* **Exercise aim**: Using the listing below, report all lines holding the word "Sizes".

* **Data in this exercise**:

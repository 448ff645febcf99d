// The tests of a check before 17: 3 by counts, 9, 15, 16.
#![tactic(auto)]

ghost use Rattle.std.specs.Prelude.{◌≡◌, ℕ, ◌≤◌, length};
ghost use Rattle.theory.specs.Limits.{Limited};
ghost use Rattle.kept.specs.SetOf.{words64};
ghost use Rattle.kept.specs.Tables.{Tables};
ghost use Rattle.kept.specs.Tests.{first_short, stray_bit, tests};
ghost use Rattle.kept_laws.specs.Given.{sized};
ghost use Rattle.tests.specs.Lent.{buffers_by, Sizes};

use theory::{Counts, Refusal};

// How long the lent buffers are.
#[derive(Clone, Copy)]
pub struct Lengths {
    pub candidate: usize,
    pub nodes: usize,
    pub operands: usize,
    pub roots: usize,
    pub producers: usize,
    pub readers: usize,
    pub kept: usize,
}

// Refusal 9.
fn short_buffer(counts: Counts, l: Lengths) -> Result<(), Refusal>
    requires { Limited counts }
    ensures { result ≡ first_short (buffers_by counts l) }
{
    if l.candidate < (counts.atoms + 63) / 64 {
        return Err(Refusal::ShortBuffer(0));
    }
    if l.nodes < 3 * counts.nodes {
        return Err(Refusal::ShortBuffer(1));
    }
    if l.operands < counts.operands {
        return Err(Refusal::ShortBuffer(2));
    }
    if l.roots < counts.roots {
        return Err(Refusal::ShortBuffer(3));
    }
    if l.producers < 4 * counts.roots {
        return Err(Refusal::ShortBuffer(4));
    }
    if l.readers < readers::table_words(counts) {
        return Err(Refusal::ShortBuffer(6));
    }
    if l.kept < 16 + 2 * counts.nodes + 3 * counts.atoms + counts.roots {
        return Err(Refusal::ShortBuffer(7));
    }
    Ok(())
}

// Refusal 16. A stray bit stands in the last word; its place is searched only where that word has one.
fn stray_bit(counts: Counts, candidate: &[u64]) -> Result<(), Refusal>
    requires { Limited counts × (words64 counts.atoms ≤ length candidate.now) }
    ensures { (T : Tables) (stamp : ℕ) → result ≡ stray_bit (sized counts T) (record { stamp = stamp; words = candidate.now }) }
{
    if counts.atoms % 64 == 0 {
        return Ok(());
    }
    if candidate[counts.atoms / 64] >> (counts.atoms % 64) == 0 {
        return Ok(());
    }
    let n = (counts.atoms + 63) / 64;
    let i = words::set::next(&candidate[..n], counts.atoms);
    if i < 64 * n {
        return Err(Refusal::StrayBit(i));
    }
    Ok(())
}

// Refusals 3, 9, 15, 16.
pub fn tests(
    counts: Counts,
    plan: u32,
    stamp: u32,
    candidate: &[u64],
    l: Lengths,
) -> Result<(), Refusal>
    requires { l.candidate ≡ length candidate.now }
    ensures { (T : Tables) → Sizes T counts plan l → result ≡ tests T (record { stamp = stamp; words = candidate.now }) l.kept }
{
    theory::limits(counts)?;
    short_buffer(counts, l)?;
    if stamp != counts.stamp {
        return Err(Refusal::ForeignStamp);
    }
    if plan != counts.stamp {
        return Err(Refusal::ForeignStamp);
    }
    stray_bit(counts, candidate)
}
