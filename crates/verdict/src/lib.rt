// The verdict: the question about the start variable at position 0.
#![tactic(auto)]

ghost use Rattle.std.specs.Prelude.{◌≡◌, ℕ, Ok};
ghost use Rattle.schema.specs.Handed.{verdict_of};
ghost use Rattle.rules.specs.Admission.{Admits};
ghost use Rattle.grammar.specs.Numbers.{number_of, line_of};
ghost use Rattle.grammar.specs.Refusal.{accepted};
ghost use Rattle.finish.specs.Reply.{reply_of};
ghost use Rattle.verdict.specs.Verdict.{numbers, numbers_by, judged, VerdictPromise};

use finish::Answer;
use grammar::refusal::Refusal;
use grammar::sheet::{Grammar, Rules, read_sheet};
use memo::{ask, too_small};
use rules::System;

// What a verdict says, with the count of decided cells: recognised or partial with the end, failure; loop or a missing rule with
// the variable and the position that are named.
#[derive(Clone, Copy)]
pub enum Judgement {
    Recognised(u32, u32),
    Partial(u32, u32),
    Failure(u32),
    Loop(u32, u32, u32),
    Missing(u32, u32, u32),
}

// The verdict of an answer about the start variable at 0, on n bytes.
fn judge(answer: Answer, n: usize) -> Judgement
    ensures { numbers (Ok result) ≡ judged n (accepted (reply_of answer)) }
{
    match answer {
        Answer::Success(end, count) if end as usize == n => Judgement::Recognised(end, count),
        Answer::Success(end, count) => Judgement::Partial(end, count),
        Answer::Failure(count) => Judgement::Failure(count),
        Answer::Loop(variable, position, count) => Judgement::Loop(variable, position, count),
        Answer::Missing(variable, position, count) => Judgement::Missing(variable, position, count),
    }
}

// Why a verdict is refused, as the first line of `readentry` tells it: a number, and the line that is at fault or 0.
pub trait Reason {
    ghost number: { Self → ℕ };

    ghost line: { Self → ℕ };

    fn told(self) -> (u32, u32)
        ensures number { result.0 ≡ number self }
        ensures line { result.1 ≡ line self };
}

impl Reason for Refusal {
    ghost number = { number_of };

    ghost line = { line_of };

    fn told(self) -> (u32, u32) {
        (self.number(), self.line())
    }
}

// Any number and any line.
impl Reason for (u32, u32) {
    ghost number = { λ told. told.0 };

    ghost line = { λ told. told.1 };

    fn told(self) -> (u32, u32) {
        (self.0, self.1)
    }
}

// The four numbers of a verdict, those of the first line of `readentry`.
pub fn numbers_of<R: Reason>(verdict: Result<Judgement, R>) -> [u32; 4]
    ensures { result ≡ numbers_by R.number R.line verdict }
{
    match verdict {
        Ok(Judgement::Recognised(end, count)) => [0, 0, end, count],
        Ok(Judgement::Failure(count)) => [1, 0, 0, count],
        Ok(Judgement::Loop(variable, position, count)) => [2, variable, position, count],
        Ok(Judgement::Missing(variable, position, count)) => [3, variable, position, count],
        Ok(Judgement::Partial(end, count)) => [5, 0, end, count],
        Err(reason) => {
            let (number, line) = reason.told();
            [9, number, line, 0]
        }
    }
}

// The grammar of a sheet, its rules in the lent array, for a verdict on an input with slices of these lengths; or the first of refusals 1 to 6
// and 10.
pub fn admit_verdict(
    sheet: &[u8],
    input: &[u8],
    table: usize,
    work: usize,
    rules: &mut Rules,
) -> Result<Grammar, Refusal>
    ensures { Admits sheet.now (verdict_of input.now table work) rules.old rules.new result }
{
    let grammar = read_sheet(sheet, rules)?;
    if 4096 < input.len() {
        return Err(Refusal::LongEntry);
    }
    if too_small(grammar.variables, input.len(), table, work) {
        return Err(Refusal::Room);
    }
    Ok(grammar)
}

// The verdict on an input, over a lent table and a lent work slice.
pub fn verdict(
    sheet: &[u8],
    input: &[u8],
    table: &mut [u32],
    work: &mut [u32],
) -> Result<Judgement, Refusal>
    ensures { VerdictPromise sheet.now input.now table.old table.new work.old work.new result }
{
    let mut rules: Rules = [0u32; 256];
    let grammar = admit_verdict(sheet, input, table.len(), work.len(), &mut rules)?;
    let system = System {
        rules: &rules,
        variables: grammar.variables,
        input,
    };
    let answer = ask(system, grammar.start, 0, table, work);
    Ok(judge(answer, input.len()))
}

* **Solution for this task**:
ghost use Rattle.tests.specs.Lent.{buffers_by, Sizes};
    ensures { (T : Tables) → Sizes T counts plan l → result ≡ tests T (record { stamp = stamp; words = candidate.now }) l.kept }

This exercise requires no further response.